> [WORK ITEM] Copy each line of the entries that contains the word "NoMemory".

(Records drawn from a dataset)
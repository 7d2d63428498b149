//! Shows a log as its bytes come, in whatever pieces (specs/Streaming.antt).
//!
//! What is held is the tables that are known, at most 256, and the bytes of the record that has begun.
ghost use Rattle.std.specs.Prelude.{◌≡◌, ◌+◌, ◌++◌, ◌≤◌, [], length, take, drop, Ok, Err, None, IfOk, OnOk, IsTrue, true, false};
ghost use Rattle.std.specs.List.{AllByRecursion};
ghost use Rattle.redo_vec.specs.Cutting.{first_record};
ghost use Rattle.redo_vec.specs.Reading.{record_at};
ghost use Rattle.redo_wire.specs.Stream.{cut_of_piece, stream_after, end_fault};
ghost use Rattle.redo_text.specs.Streaming.{capped, fault_bytes, raw_text, raw_after, raws_text, raws_after, cut_text, cut_after, shown_at, piece_text, piece_after, end_text, end_ended};

use crate::fault_line::{LogFault, show_fault};
use crate::showing::show_record;
use redo_lines::push_bytes;
use redo_spec::Header;
use redo_vec::{DecodeFault, RedoRec, TableRow, decode_record};
use redo_wire::{Cutter, HEADER_LENGTH, Raw};
use rl_value::{CutFault, NoMemory, VecFault};
use std::alloc::Global;
use std::marker::Model;

const FAULT_BYTES: usize = 16;

/// What is shown so far: the tables that are known, and where the next record is.
#[derive(Debug, Drop)]
pub struct Place {
    tables: Vec<TableRow>,
    rec: u64,
    at: u64,
    ended: bool,
}

impl Model for Place {
    ghost use Rattle.redo_text.specs.Streaming.{Place as Where};

    ghost Value = { Where };

    ghost view = { λ p. record { tables = p.tables.items; rec = p.rec; at = p.at; ended = p.ended } };
}

fn sum_of(a: u64, b: u64) -> u64
    ensures { result ≡ capped (a + b) }
{
    match a.checked_add(b) {
        Some(sum) => sum,
        None => u64::MAX,
    }
}

// The bytes at a fault, as many as are shown.
fn bytes_at(bytes: &[u8], place: u32) -> &[u8]
    ensures bytes { result.now ≡ take fault_bytes (drop place bytes.now) }
    ensures few { length result.now ≤ 30 }
{
    let place = place as usize;
    if place >= bytes.len() {
        return &[];
    }
    let rest = &bytes[place..];
    if rest.len() < FAULT_BYTES {
        return rest;
    }
    &rest[..FAULT_BYTES]
}

impl Place {
    fn new(alloc: Global) -> Place
        ensures { result ≡ record { tables = []; rec = 1; at = 40; ended = false } }
    {
        Place {
            tables: Vec::new(alloc),
            rec: 1,
            at: HEADER_LENGTH as u64,
            ended: false,
        }
    }

    // A record that was read.
    fn with_record(
        self,
        alloc: Global,
        raw: &Raw,
        rec: &RedoRec,
    ) -> Result<(Place, Vec<u8>), NoMemory>
        requires read { record_at raw.now.bytes ≡ Ok rec.now }
        ensures text { IfOk result (λ x. x.1.items ≡ raw_text self raw.now (record_at raw.now.bytes)) }
        ensures after { IfOk result (λ x. x.0 ≡ raw_after self raw.now (record_at raw.now.bytes)) }
    {
        let Place {
            mut tables,
            rec: _,
            at: _,
            ended,
        } = self;
        let text = show_record(alloc, &mut tables, rec)?;
        Ok((
            Place {
                tables,
                rec: sum_of(raw.rec, 1),
                at: raw.end,
                ended,
            },
            text,
        ))
    }

    // A record that does not decode.
    fn with_fault(
        self,
        alloc: Global,
        raw: &Raw,
        fault: VecFault,
        place: u32,
    ) -> Result<(Place, Vec<u8>), NoMemory>
        requires read { record_at raw.now.bytes ≡ Err (record { fault = fault; place = place }) }
        ensures text { IfOk result (λ x. x.1.items ≡ raw_text self raw.now (record_at raw.now.bytes)) }
        ensures after { IfOk result (λ x. x.0 ≡ raw_after self raw.now (record_at raw.now.bytes)) }
    {
        let Place {
            tables,
            rec,
            at,
            ended: _,
        } = self;
        let offset = sum_of(at, u64::from(place));
        let bytes = bytes_at(raw.bytes.bytes(), place);
        let text = show_fault(alloc, raw.rec, LogFault::Vector(fault), offset, bytes)?;
        Ok((
            Place {
                tables,
                rec,
                at,
                ended: true,
            },
            text,
        ))
    }

    fn with_raw(self, alloc: Global, raw: &Raw) -> Result<(Place, Vec<u8>), NoMemory>
        requires whole { first_record raw.now.bytes ≡ Ok (raw.now.bytes, []) }
        ensures text { IfOk result (λ x. x.1.items ≡ raw_text self raw.now (record_at raw.now.bytes)) }
        ensures after { IfOk result (λ x. x.0 ≡ raw_after self raw.now (record_at raw.now.bytes)) }
    {
        match decode_record(alloc, raw.bytes.bytes()) {
            Ok(rec) => self.with_record(alloc, raw, &rec),
            Err(DecodeFault::Vector { fault, place }) => {
                self.with_fault(alloc, raw, fault, place)
            }
            Err(DecodeFault::Memory) => Err(NoMemory),
        }
    }

    // A fault of the cutter.
    fn with_cut(self, alloc: Global, cause: Option<CutFault>) -> Result<(Place, Vec<u8>), NoMemory>
        ensures text { IfOk result (λ x. x.1.items ≡ cut_text self cause) }
        ensures after { IfOk result (λ x. x.0 ≡ cut_after self cause) }
    {
        let Some(fault) = cause else {
            return Ok((self, Vec::new(alloc)));
        };
        let Place {
            tables,
            rec,
            at,
            ended,
        } = self;
        let text = if ended {
            Vec::new(alloc)
        } else {
            show_fault(alloc, rec, LogFault::Cut(fault), at, &[])?
        };
        Ok((
            Place {
                tables,
                rec,
                at,
                ended: true,
            },
            text,
        ))
    }

    fn with_raws(self, alloc: Global, raws: &[Raw]) -> Result<(Place, Vec<u8>), NoMemory>
        requires whole { AllByRecursion (λ raw. first_record raw.bytes ≡ Ok (raw.bytes, [])) raws.now }
        ensures text { IfOk result (λ x. x.1.items ≡ raws_text self raws.now) }
        ensures after { IfOk result (λ x. x.0 ≡ raws_after self raws.now) }
    {
        let mut out = Vec::new(alloc);
        let mut place = self;
        let mut rest = raws;
        while let [raw, others @ ..] = rest {
            if place.ended {
                return Ok((place, out));
            }
            let (next, text) = place.with_raw(alloc, raw)?;
            push_bytes(&mut out, text.as_slice())?;
            place = next;
            rest = others;
        }
        Ok((place, out))
    }
}

/// A log that is shown so far.
#[derive(Debug, Drop)]
pub struct Shown {
    cutter: Cutter,
    place: Place,
}

impl Model for Shown {
    ghost use Rattle.redo_text.specs.Streaming.{Shown as SoFar};

    ghost Value = { SoFar };

    ghost view = { λ s. record { stream = s.cutter; place = s.place } };
}

impl Shown {
    /// Behind the header, of which `show_header` gives the lines. It takes no memory.
    pub fn new(alloc: Global, head: Header) -> Shown
        ensures begun { result ≡ shown_at head }
    {
        Shown {
            cutter: Cutter::new(alloc, head, 1, HEADER_LENGTH as u64, 0),
            place: Place::new(alloc),
        }
    }

    /// The lines that the next bytes of the log add: those of the records that they complete, and of the first fault. After a
    /// fault they add nothing. After a refusal nothing is left to go on with.
    #[tactic(auto, using(crate::proofs::Framed::framed_whole))]
    pub fn feed(self, alloc: Global, piece: &[u8]) -> Result<(Shown, Vec<u8>), NoMemory>
        ensures text { IfOk result (λ x. x.1.items ≡ piece_text self piece.now) }
        ensures next { IfOk result (λ x. x.0 ≡ piece_after self piece.now) }
    {
        let Shown { mut cutter, place } = self;
        let fed = cutter.feed(piece)?;
        let (place, mut text) = place.with_raws(alloc, fed.raws.items())?;
        let (place, fault) = place.with_cut(alloc, fed.cause)?;
        push_bytes(&mut text, fault.as_slice())?;
        Ok((Shown { cutter, place }, text))
    }

    /// Whether a fault was shown.
    pub fn has_ended(&self) -> bool
        ensures exact { result ≡ self.now.place.ended }
    {
        self.place.ended
    }

    /// The line that the end of the log's bytes adds, where records are missing and no fault was shown; and whether a fault is
    /// shown now, by this line or an earlier one.
    pub fn finish(self, alloc: Global) -> Result<(Vec<u8>, bool), NoMemory>
        ensures text { IfOk result (λ x. x.0.items ≡ end_text self) }
        ensures ended { IfOk result (λ x. x.1 ≡ end_ended self) }
    {
        let Shown { cutter, place } = self;
        let (place, text) = place.with_cut(alloc, cutter.finish())?;
        Ok((text, place.ended))
    }
}
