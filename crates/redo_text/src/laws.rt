//! Printing and reading agree: what the crates above may use of it.
//!
//! Each function here only calls the laws that its own follows from; its clauses are the law.
ghost use Rattle.std.specs.Prelude.{◌≡◌, ◌≤◌, ◌∷◌, ◌++◌, [], true, false, Ok, List, ℕ, length, is_some};
ghost use Rattle.std.specs.List.{flat_map, concat};
ghost use Rattle.redo_spec.specs.declared.header.Header.{Header};
ghost use Rattle.redo_vec.specs.Ranges.{AreBytes};
ghost use Rattle.redo_vec.specs.Spelling.{record_bytes};
ghost use Rattle.redo_spec.specs.Redo.{records_in};
ghost use Rattle.redo_text.specs.Streaming.{Shown, shown_at, pieces_text, pieces_ended};
ghost use Rattle.redo_spec.specs.Log.{Log, IsLog};
ghost use Rattle.redo_text.specs.Showing.{text_of_log, records_text};
ghost use Rattle.redo_text.specs.Text.{log_said};

use redo_lines::{a_line_says_what_fits, a_printed_number_is_read, a_printed_vector_is_read};
use redo_vec::a_spelled_record_is_read;
use redo_wire::{pieces_do_not_matter, pieces_give_the_records};

/// A log that has a spelling and a record is said by the text that is printed for it.
pub fn a_shown_log_is_said()
    ensures said { (log : Log) → IsLog log → 1 ≤ length log.records → log_said (text_of_log log) ≡ Ok log }
{
    a_printed_vector_is_read();
    a_printed_number_is_read();
}

/// What a text says is a log that has a spelling.
pub fn a_text_says_a_log()
    ensures fits { (text : List ℕ) (log : Log) → AreBytes text → log_said text ≡ Ok log → IsLog log }
{
    a_line_says_what_fits();
}

/// In which pieces a log comes is no matter to its text, and behind a fault nothing is shown.
pub fn pieces_are_shown_as_one()
    ensures two { (log : Shown) (a b : List ℕ) → pieces_text log ((a ++ b) ∷ []) ≡ pieces_text log (a ∷ b ∷ []) }
    ensures silent { (log : Shown) (pieces : List (List ℕ)) → log.place.ended ≡ true → pieces_text log pieces ≡ [] }
    ensures same { (head : Header) (pieces : List (List ℕ)) →
        pieces_text (shown_at head) pieces ≡ pieces_text (shown_at head) (concat pieces ∷ []) }
{
    pieces_do_not_matter();
}

/// A fault is shown of a log exactly where its records, cut off and decoded, end with one; in which pieces it comes is no matter.
pub fn a_fault_is_shown_where_there_is_one()
    ensures exact { (head : Header) (pieces : List (List ℕ)) →
        pieces_ended (shown_at head) pieces ≡ is_some (records_in head head.count (concat pieces)).cause }
    ensures two { (log : Shown) (a b : List ℕ) → pieces_ended log ((a ++ b) ∷ []) ≡ pieces_ended log (a ∷ b ∷ []) }
    // A fault that was shown is not taken back.
    ensures kept { (log : Shown) (pieces : List (List ℕ)) → log.place.ended ≡ true → pieces_ended log pieces ≡ true }
{
    pieces_do_not_matter();
    pieces_give_the_records();
}

/// A log that has a spelling is shown, from its bytes behind the header, as the text that says its records, and without a fault.
pub fn a_spelled_log_is_shown()
    ensures shown { (log : Log) (pieces : List (List ℕ)) → IsLog log → concat pieces ≡ flat_map record_bytes log.records →
        pieces_text (shown_at log.head) pieces ≡ records_text [] log.records }
    ensures whole { (log : Log) (pieces : List (List ℕ)) → IsLog log → concat pieces ≡ flat_map record_bytes log.records →
        pieces_ended (shown_at log.head) pieces ≡ false }
{
    a_spelled_record_is_read();
    pieces_give_the_records();
}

> [PROBLEM SOLUTION]
use rl_value::{CutFault, NoMemory, VecFault};
    ) -> Result<(Place, Vec<u8>), NoMemory>
    ) -> Result<(Place, Vec<u8>), NoMemory>
    fn with_raw(self, alloc: Global, raw: &Raw) -> Result<(Place, Vec<u8>), NoMemory>
            Err(DecodeFault::Memory) => Err(NoMemory),
    fn with_cut(self, alloc: Global, cause: Option<CutFault>) -> Result<(Place, Vec<u8>), NoMemory>
    fn with_raws(self, alloc: Global, raws: &[Raw]) -> Result<(Place, Vec<u8>), NoMemory>
    pub fn feed(self, alloc: Global, piece: &[u8]) -> Result<(Shown, Vec<u8>), NoMemory>
    pub fn finish(self, alloc: Global) -> Result<(Vec<u8>, bool), NoMemory>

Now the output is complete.